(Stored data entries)
====================

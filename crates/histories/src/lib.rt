//! Histories of refs: what the calls of a journal on branches and tags mean, in words that know no
//! object, file or retry.
#![tactic(auto)]

ghost use Rattle.histories.specs.Laws.{HistoryLaw, TagsLaw, NeverMoves, KeepsItsTree};

/// In a legal polite journal that puts nothing again, each call on a branch got the answer of the
/// branch's history, each entry has its snapshot's tree, and each commit that took effect has the
/// tree of the entry before it under its changes.
pub fn history_law()
    ensures { HistoryLaw }
{}

/// In a legal polite journal each get and put of a tag and of its tombstone got the answer of the
/// tag's state, and what stands there is what the state says. A tag never moves, and once it is gone
/// it stays so; nor does its tree change, where nothing is put again.
pub fn tags_law()
    ensures states { TagsLaw }
    ensures moves { NeverMoves }
    ensures trees { KeepsItsTree }
{}
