// The line of each call: its name, every entry of its result, and of a call that writes a checksum
// of the output.
use market_risk::{
    REPORT, market_risk_charge, market_risk_check, market_risk_commodity_ladder,
    market_risk_dearest, market_risk_interest_ladder, market_risk_join, market_risk_least_trade,
    market_risk_net, market_risk_net_and_offset, market_risk_offset, market_risk_options,
    market_risk_shortest, market_risk_small_bank, market_risk_table,
};
use std::io;
use std::io::Write;

fn write_line(to: &mut impl Write, name: &str, entries: &[u64]) -> io::Result<()> {
    write_start(to, name, entries)?;
    writeln!(to)
}

// The line of a call that writes.
fn write_written(to: &mut impl Write, name: &str, entries: &[u64], out: &[u8]) -> io::Result<()> {
    write_start(to, name, entries)?;
    let sum = checksum(out);
    writeln!(to, " {sum}")
}

fn write_start(to: &mut impl Write, name: &str, entries: &[u64]) -> io::Result<()> {
    write!(to, "{name}")?;
    for entry in entries {
        write!(to, " {entry}")?;
    }
    Ok(())
}

// Over every byte of the output in order, by a prime below 2 to the 30th. A loop, since a closure
// of `fold` would have to take every sum, and the bound of this one stands in the loop's invariant.
fn checksum(out: &[u8]) -> u64 {
    let mut sum = 0;
    for byte in out {
        sum = (sum * 31 + u64::from(*byte) + 1) % 1000000007;
    }
    sum
}

pub fn check(to: &mut impl Write, book: &[u8]) -> io::Result<()> {
    let mut entries = [0; 3];
    market_risk_check(book, &mut entries);
    write_line(to, "check", &entries)
}

pub fn charge(to: &mut impl Write, book: &[u8], table: &[u8]) -> io::Result<()> {
    let mut entries = [0; REPORT];
    market_risk_charge(book, table, &mut entries);
    write_line(to, "charge", &entries)
}

pub fn interest_ladder(
    to: &mut impl Write,
    book: &[u8],
    table: &[u8],
    group: usize,
) -> io::Result<()> {
    let mut entries = [0; 13];
    market_risk_interest_ladder(book, table, group, &mut entries);
    write_line(to, "interest-ladder", &entries)
}

pub fn commodity_ladder(to: &mut impl Write, book: &[u8], group: usize) -> io::Result<()> {
    let mut entries = [0; 7];
    market_risk_commodity_ladder(book, group, &mut entries);
    write_line(to, "commodity-ladder", &entries)
}

pub fn small_bank(to: &mut impl Write, book: &[u8]) -> io::Result<()> {
    let mut entries = [0; 6];
    market_risk_small_bank(book, &mut entries);
    write_line(to, "small-bank", &entries)
}

// Document 01's table, byte by byte.
pub fn standard_table(to: &mut impl Write) -> io::Result<()> {
    let mut table = [0; 36];
    market_risk_table(&mut table);
    write_line(to, "table", &table.map(u64::from))
}

pub fn least_trade(
    to: &mut impl Write,
    book: &[u8],
    table: &[u8],
    group: usize,
    band: usize,
    side: usize,
    limit: u64,
) -> io::Result<()> {
    let mut entries = [0; 5];
    market_risk_least_trade(book, table, group, band, side, limit, &mut entries);
    write_line(to, "least-trade", &entries)
}

pub fn join(to: &mut impl Write, a: &[u8], b: &[u8], out: &mut [u8]) -> io::Result<()> {
    let mut entries = [0; 4];
    market_risk_join(a, b, out, &mut entries);
    write_written(to, "join", &entries, out)
}

pub fn net(to: &mut impl Write, book: &[u8], out: &mut [u8]) -> io::Result<()> {
    let mut entries = [0; 5];
    market_risk_net(book, out, &mut entries);
    write_written(to, "net", &entries, out)
}

pub fn offset(to: &mut impl Write, book: &[u8], out: &mut [u8]) -> io::Result<()> {
    let mut entries = [0; 4];
    market_risk_offset(book, out, &mut entries);
    write_written(to, "offset", &entries, out)
}

pub fn net_and_offset(to: &mut impl Write, book: &[u8], out: &mut [u8]) -> io::Result<()> {
    let mut entries = [0; 5];
    market_risk_net_and_offset(book, out, &mut entries);
    write_written(to, "net-and-offset", &entries, out)
}

pub fn shortest(to: &mut impl Write, book: &[u8], out: &mut [u8]) -> io::Result<()> {
    let mut entries = [0; 5];
    market_risk_shortest(book, out, &mut entries);
    write_written(to, "shortest", &entries, out)
}

pub fn dearest(to: &mut impl Write, rows: usize, most: u64, out: &mut [u8]) -> io::Result<()> {
    let mut entries = [0; 5];
    market_risk_dearest(rows, most, out, &mut entries);
    write_written(to, "dearest", &entries, out)
}

pub fn options(to: &mut impl Write, table: &[u8], out: &mut [u8]) -> io::Result<()> {
    let mut entries = [0; 17];
    market_risk_options(table, out, &mut entries);
    write_written(to, "options", &entries, out)
}
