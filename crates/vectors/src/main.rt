// Reads calls with their books from standard input, makes each call and writes a line with every
// figure that it gives. The stream and the lines are those of docs/VECTORS.md. A stream that breaks
// off is read as if zeros followed, and 0 is its end.
#![tactic(auto)]

mod input;
mod lines;

use input::{Form, Stop};
use std::io;
use std::io::{Read, Write};

// No stored table is longer.
const MOST_TABLE: usize = 256;

// No stored book and no output is longer.
const MOST_BOOK: usize = 65536;

// A call on a book and a group, whose line `line` writes.
fn answer_book<R: Read, W: Write, F: Fn(&mut W, &[u8], usize) -> io::Result<()>>(
    from: &mut R,
    to: &mut W,
    form: Form,
    line: F,
) -> Result<(), Stop>
    requires { F.IsAlwaysCallable line }
{
    let group = input::read_u16(from)?;
    let length = input::read_u32(from)?;
    let mut space = [0u8; MOST_BOOK];
    let book = input::read_book(from, form, length, &mut space)?;
    line(to, book, group)?;
    Ok(())
}

// A call by document 01's table, or by none. The call is a number, the tag that the stream has.
fn answer_standard<R: Read, W: Write>(
    from: &mut R,
    to: &mut W,
    form: Form,
    call: u8,
) -> Result<(), Stop> {
    let table = table::standard();
    match call {
        1 => answer_book(from, to, form, |to, book, _| lines::check(to, book)),
        2 => answer_book(
            from,
            to,
            form,
            |to, book, _| lines::charge(to, book, &table),
        ),
        3 => answer_book(from, to, form, |to, book, group| {
            lines::interest_ladder(to, book, &table, group)
        }),
        4 => answer_book(from, to, form, lines::commodity_ladder),
        9 => answer_book(from, to, form, |to, book, _| lines::small_bank(to, book)),
        _ => Err(Stop::End),
    }
}

// A call by a table of its own. The call is a number, the tag that the stream has.
fn answer_by_table<R: Read, W: Write>(
    from: &mut R,
    to: &mut W,
    form: Form,
    call: u8,
) -> Result<(), Stop> {
    let length = input::read_u16(from)?;
    let mut space = [0u8; MOST_TABLE];
    let table = input::read_book(from, Form::Whole, length, &mut space)?;
    match call {
        6 => answer_book(from, to, form, |to, book, _| lines::charge(to, book, table)),
        7 => answer_book(from, to, form, |to, book, group| {
            lines::interest_ladder(to, book, table, group)
        }),
        _ => answer_trade(from, to, form, table),
    }
}

// The least trade, as a trade is stored: currency, band, side and limit, and then the book.
fn answer_trade(
    from: &mut impl Read,
    to: &mut impl Write,
    form: Form,
    table: &[u8],
) -> Result<(), Stop> {
    let group = input::read_u16(from)?;
    let band = input::read_u16(from)?;
    let side = input::read_u16(from)?;
    let limit = u64::from_le_bytes(input::read(from)?);
    let length = input::read_u32(from)?;
    let mut space = [0u8; MOST_BOOK];
    let book = input::read_book(from, form, length, &mut space)?;
    lines::least_trade(to, book, table, group, band, side, limit)?;
    Ok(())
}

// A call that writes a book of one other, or of an option table.
fn answer_written<R: Read, W: Write, F: Fn(&mut W, &[u8], &mut [u8]) -> io::Result<()>>(
    from: &mut R,
    to: &mut W,
    form: Form,
    line: F,
) -> Result<(), Stop>
    requires { F.IsAlwaysCallable line }
{
    let room = input::read_u32(from)?;
    let length = input::read_u32(from)?;
    let mut space = [0u8; MOST_BOOK];
    let book = input::read_book(from, form, length, &mut space)?;
    let mut out = [165u8; MOST_BOOK];
    line(to, book, lent(&mut out, room)?)?;
    Ok(())
}

fn answer_join(from: &mut impl Read, to: &mut impl Write, form: Form) -> Result<(), Stop> {
    let room = input::read_u32(from)?;
    let a_length = input::read_u32(from)?;
    let b_length = input::read_u32(from)?;
    let mut a_space = [0u8; MOST_BOOK];
    let mut b_space = [0u8; MOST_BOOK];
    let a = input::read_book(from, form, a_length, &mut a_space)?;
    let b = input::read_book(from, form, b_length, &mut b_space)?;
    let mut out = [165u8; MOST_BOOK];
    lines::join(to, a, b, lent(&mut out, room)?)?;
    Ok(())
}

// The call that writes a book of no other.
fn answer_dearest(from: &mut impl Read, to: &mut impl Write) -> Result<(), Stop> {
    let room = input::read_u32(from)?;
    let rows = input::read_u32(from)?;
    let most = u32::from_le_bytes(input::read(from)?);
    let mut out = [165u8; MOST_BOOK];
    lines::dearest(to, rows, u64::from(most), lent(&mut out, room)?)?;
    Ok(())
}

// As many bytes of the output as there is room for.
fn lent(out: &mut [u8], room: usize) -> Result<&mut [u8], Stop> {
    if out.len() < room {
        return Err(Stop::End);
    }
    Ok(&mut out[..room])
}

// Answers the next call of the stream, by its tag.
fn answer_next(from: &mut impl Read, to: &mut impl Write) -> Result<(), Stop> {
    let tag = u8::from_le_bytes(input::read(from)?);
    let form = if tag < 128 { Form::Whole } else { Form::Runs };
    match tag % 128 {
        5 => answer_join(from, to, form),
        6 | 7 | 16 => answer_by_table(from, to, form, tag % 128),
        8 => Ok(lines::standard_table(to)?),
        10 => answer_written(from, to, form, lines::net),
        11 => answer_written(from, to, form, lines::offset),
        12 => answer_written(from, to, form, lines::net_and_offset),
        13 => answer_written(from, to, form, lines::shortest),
        14 => answer_dearest(from, to),
        15 => answer_written(from, to, form, lines::options),
        call => answer_standard(from, to, form, call),
    }
}

// A proved loop has to end, and nothing says that the input does: there are as many turns as no
// stream uses up.
fn main(rt: HostRuntime) -> io::Result<()> {
    let mut from = rt.stdin();
    let mut to = rt.stdout();
    for _ in 0..u64::MAX {
        match answer_next(&mut from, &mut to) {
            Ok(()) => {}
            Err(Stop::End) => break,
            Err(Stop::Failed(error)) => return Err(error),
        }
    }
    Ok(())
}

====================

**Activity**. Copy all the lines from the data above that hold the word "lent".

**Output of the exercise**.
    line(to, book, lent(&mut out, room)?)?;
    lines::join(to, a, b, lent(&mut out, room)?)?;
    lines::dearest(to, rows, u64::from(most), lent(&mut out, room)?)?;
fn lent(out: &mut [u8], room: usize) -> Result<&mut [u8], Stop> {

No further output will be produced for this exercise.